• **Task details**
Within the records, find every line that includes the word "section" and copy it.

• **Data supplied**
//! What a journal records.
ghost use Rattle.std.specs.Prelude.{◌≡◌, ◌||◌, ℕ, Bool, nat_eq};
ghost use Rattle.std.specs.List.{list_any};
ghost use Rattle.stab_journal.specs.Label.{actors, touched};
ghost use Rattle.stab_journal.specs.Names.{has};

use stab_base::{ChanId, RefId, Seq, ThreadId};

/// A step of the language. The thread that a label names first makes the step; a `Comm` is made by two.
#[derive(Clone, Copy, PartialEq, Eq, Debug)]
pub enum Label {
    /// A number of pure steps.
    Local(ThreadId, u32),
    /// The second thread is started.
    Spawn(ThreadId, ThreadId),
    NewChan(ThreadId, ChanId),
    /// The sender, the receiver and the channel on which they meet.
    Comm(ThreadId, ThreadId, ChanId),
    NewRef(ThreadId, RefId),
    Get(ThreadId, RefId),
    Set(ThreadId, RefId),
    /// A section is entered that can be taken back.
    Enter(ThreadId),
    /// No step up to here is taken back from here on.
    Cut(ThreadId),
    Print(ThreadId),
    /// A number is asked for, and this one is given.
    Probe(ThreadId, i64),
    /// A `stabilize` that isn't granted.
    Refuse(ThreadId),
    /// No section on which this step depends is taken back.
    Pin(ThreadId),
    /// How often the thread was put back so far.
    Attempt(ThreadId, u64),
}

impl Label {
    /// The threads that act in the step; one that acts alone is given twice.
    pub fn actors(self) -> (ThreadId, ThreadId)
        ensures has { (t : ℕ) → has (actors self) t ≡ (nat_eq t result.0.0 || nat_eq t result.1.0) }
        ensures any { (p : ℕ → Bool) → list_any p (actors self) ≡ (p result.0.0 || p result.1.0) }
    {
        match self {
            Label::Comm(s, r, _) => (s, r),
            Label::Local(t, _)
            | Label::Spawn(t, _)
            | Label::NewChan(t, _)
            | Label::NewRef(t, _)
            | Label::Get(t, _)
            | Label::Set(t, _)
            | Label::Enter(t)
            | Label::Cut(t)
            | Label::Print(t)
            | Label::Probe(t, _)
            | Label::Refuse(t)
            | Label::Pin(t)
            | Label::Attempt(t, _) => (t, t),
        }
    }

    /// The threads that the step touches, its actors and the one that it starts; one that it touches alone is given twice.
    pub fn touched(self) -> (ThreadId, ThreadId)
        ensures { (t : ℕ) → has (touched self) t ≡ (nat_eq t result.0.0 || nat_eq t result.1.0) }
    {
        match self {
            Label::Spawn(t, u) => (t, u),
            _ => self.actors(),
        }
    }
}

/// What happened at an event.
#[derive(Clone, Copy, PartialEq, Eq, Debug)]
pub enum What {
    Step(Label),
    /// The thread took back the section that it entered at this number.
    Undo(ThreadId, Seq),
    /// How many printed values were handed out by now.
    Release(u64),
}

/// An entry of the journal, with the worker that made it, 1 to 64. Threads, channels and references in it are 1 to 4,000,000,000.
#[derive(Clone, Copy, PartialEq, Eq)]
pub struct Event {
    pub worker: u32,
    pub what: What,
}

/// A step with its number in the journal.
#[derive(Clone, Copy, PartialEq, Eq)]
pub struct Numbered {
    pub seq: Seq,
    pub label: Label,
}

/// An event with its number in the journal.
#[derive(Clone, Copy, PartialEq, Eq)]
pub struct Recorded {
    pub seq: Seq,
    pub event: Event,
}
==
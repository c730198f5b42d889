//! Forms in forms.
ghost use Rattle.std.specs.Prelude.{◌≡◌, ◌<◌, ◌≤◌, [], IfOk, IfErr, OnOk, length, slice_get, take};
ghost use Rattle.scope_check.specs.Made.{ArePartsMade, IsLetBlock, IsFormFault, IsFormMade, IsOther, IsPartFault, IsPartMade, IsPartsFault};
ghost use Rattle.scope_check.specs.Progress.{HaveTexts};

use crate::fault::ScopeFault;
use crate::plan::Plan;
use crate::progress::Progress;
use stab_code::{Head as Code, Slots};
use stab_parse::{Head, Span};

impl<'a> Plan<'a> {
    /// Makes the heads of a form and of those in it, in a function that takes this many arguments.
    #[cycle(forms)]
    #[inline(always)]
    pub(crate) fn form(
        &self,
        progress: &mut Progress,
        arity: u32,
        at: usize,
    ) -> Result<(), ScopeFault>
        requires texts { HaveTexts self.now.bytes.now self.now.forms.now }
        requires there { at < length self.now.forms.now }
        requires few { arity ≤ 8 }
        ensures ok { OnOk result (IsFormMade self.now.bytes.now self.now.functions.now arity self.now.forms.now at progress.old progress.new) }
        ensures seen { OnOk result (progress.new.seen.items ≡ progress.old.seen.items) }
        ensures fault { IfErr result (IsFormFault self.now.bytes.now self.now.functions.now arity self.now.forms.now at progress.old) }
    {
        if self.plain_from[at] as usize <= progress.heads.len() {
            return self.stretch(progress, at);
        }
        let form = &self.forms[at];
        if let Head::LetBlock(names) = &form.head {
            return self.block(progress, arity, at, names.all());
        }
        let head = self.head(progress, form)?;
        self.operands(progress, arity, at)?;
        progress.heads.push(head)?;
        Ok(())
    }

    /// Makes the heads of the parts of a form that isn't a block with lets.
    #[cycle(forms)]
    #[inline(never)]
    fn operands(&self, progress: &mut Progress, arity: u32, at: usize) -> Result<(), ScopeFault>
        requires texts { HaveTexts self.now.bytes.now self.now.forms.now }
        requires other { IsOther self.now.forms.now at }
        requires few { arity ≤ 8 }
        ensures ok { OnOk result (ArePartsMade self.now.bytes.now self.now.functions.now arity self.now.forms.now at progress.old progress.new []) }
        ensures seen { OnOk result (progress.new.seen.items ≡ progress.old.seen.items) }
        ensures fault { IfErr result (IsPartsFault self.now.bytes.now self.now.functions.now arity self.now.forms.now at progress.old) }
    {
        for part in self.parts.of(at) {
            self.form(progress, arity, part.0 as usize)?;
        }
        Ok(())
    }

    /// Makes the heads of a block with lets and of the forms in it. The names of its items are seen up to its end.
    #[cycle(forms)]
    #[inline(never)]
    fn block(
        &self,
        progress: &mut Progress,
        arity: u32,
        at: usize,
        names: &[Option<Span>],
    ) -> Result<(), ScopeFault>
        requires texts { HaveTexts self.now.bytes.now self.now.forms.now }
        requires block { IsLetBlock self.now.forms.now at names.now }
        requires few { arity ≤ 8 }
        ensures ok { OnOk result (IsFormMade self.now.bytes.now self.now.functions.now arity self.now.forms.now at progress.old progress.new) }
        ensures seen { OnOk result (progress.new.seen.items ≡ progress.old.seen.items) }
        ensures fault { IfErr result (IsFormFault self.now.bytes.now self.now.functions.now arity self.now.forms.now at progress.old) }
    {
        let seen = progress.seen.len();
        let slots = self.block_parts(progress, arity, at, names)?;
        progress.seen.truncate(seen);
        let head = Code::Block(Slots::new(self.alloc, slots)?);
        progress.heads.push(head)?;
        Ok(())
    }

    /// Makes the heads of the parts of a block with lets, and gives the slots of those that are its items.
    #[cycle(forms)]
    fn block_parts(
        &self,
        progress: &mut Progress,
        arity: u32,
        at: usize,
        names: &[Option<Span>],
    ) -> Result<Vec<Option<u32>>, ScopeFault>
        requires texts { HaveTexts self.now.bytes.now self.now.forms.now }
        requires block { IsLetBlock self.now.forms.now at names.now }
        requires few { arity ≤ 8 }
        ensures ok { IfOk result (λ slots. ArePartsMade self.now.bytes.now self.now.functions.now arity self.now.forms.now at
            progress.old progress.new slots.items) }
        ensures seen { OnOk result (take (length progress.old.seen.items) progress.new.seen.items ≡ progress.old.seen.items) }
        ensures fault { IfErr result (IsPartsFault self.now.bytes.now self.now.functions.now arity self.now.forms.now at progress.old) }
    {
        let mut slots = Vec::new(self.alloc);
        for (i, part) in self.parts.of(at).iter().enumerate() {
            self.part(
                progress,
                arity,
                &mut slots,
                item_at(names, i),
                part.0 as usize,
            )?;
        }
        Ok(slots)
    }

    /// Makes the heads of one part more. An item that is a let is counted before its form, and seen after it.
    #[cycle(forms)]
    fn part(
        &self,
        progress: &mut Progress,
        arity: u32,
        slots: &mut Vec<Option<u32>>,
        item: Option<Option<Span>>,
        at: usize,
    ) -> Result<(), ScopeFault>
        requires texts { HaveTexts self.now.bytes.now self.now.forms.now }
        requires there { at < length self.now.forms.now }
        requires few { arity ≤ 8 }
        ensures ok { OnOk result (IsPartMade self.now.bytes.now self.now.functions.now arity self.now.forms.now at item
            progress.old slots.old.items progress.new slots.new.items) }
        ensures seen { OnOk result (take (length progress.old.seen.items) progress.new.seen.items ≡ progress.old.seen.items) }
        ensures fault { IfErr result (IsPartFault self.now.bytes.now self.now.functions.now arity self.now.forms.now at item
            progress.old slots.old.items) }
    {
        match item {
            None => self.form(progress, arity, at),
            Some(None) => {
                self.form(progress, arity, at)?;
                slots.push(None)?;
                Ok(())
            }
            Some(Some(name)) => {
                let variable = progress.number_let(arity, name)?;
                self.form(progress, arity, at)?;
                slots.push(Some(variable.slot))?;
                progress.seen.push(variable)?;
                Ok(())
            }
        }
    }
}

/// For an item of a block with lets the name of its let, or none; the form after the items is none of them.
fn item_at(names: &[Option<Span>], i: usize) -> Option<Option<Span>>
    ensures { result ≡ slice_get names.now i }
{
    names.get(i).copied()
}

• **Answer box**
    /// A section is entered that can be taken back.
    /// No section on which this step depends is taken back.
    /// The thread took back the section that it entered at this number.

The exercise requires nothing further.